↓↓↓

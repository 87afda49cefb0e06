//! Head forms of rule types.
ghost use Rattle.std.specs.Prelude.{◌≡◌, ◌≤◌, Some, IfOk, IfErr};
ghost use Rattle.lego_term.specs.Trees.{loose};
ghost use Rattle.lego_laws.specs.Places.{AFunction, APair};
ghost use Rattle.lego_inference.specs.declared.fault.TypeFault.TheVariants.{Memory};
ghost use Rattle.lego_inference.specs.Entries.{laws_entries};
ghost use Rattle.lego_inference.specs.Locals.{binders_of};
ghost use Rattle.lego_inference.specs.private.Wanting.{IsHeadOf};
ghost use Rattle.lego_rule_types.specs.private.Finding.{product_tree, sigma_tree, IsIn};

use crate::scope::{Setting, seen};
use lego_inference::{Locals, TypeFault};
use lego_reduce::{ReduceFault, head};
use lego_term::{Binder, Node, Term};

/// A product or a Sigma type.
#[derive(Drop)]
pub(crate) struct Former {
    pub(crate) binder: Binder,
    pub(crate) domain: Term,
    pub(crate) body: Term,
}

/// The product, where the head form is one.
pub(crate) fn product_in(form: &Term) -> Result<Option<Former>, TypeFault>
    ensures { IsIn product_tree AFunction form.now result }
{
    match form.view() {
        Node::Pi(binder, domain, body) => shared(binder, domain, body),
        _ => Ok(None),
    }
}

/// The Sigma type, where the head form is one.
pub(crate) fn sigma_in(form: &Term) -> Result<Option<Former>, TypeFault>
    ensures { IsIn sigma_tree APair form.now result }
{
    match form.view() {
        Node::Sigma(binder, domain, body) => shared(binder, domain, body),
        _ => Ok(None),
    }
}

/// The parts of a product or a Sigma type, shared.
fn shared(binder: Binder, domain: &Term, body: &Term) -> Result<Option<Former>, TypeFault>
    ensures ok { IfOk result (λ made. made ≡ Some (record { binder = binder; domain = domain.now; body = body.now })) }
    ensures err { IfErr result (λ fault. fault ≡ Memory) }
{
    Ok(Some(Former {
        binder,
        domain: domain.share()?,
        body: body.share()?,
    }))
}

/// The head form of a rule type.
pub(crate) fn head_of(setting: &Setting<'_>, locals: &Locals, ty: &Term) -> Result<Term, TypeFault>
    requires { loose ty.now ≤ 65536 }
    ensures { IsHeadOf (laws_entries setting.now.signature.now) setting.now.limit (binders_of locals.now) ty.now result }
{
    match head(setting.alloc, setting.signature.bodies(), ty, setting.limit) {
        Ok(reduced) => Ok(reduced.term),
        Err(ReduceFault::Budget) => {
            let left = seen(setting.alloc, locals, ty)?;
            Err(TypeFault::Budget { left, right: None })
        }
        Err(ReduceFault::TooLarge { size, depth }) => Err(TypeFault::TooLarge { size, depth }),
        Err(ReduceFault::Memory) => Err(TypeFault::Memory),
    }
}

↑↑↑

**Instructions to follow:**
Go over the data and return every line that includes the word "IfErr".

**Written response:**
ghost use Rattle.std.specs.Prelude.{◌≡◌, ◌≤◌, Some, IfOk, IfErr};
    ensures err { IfErr result (λ fault. fault ≡ Memory) }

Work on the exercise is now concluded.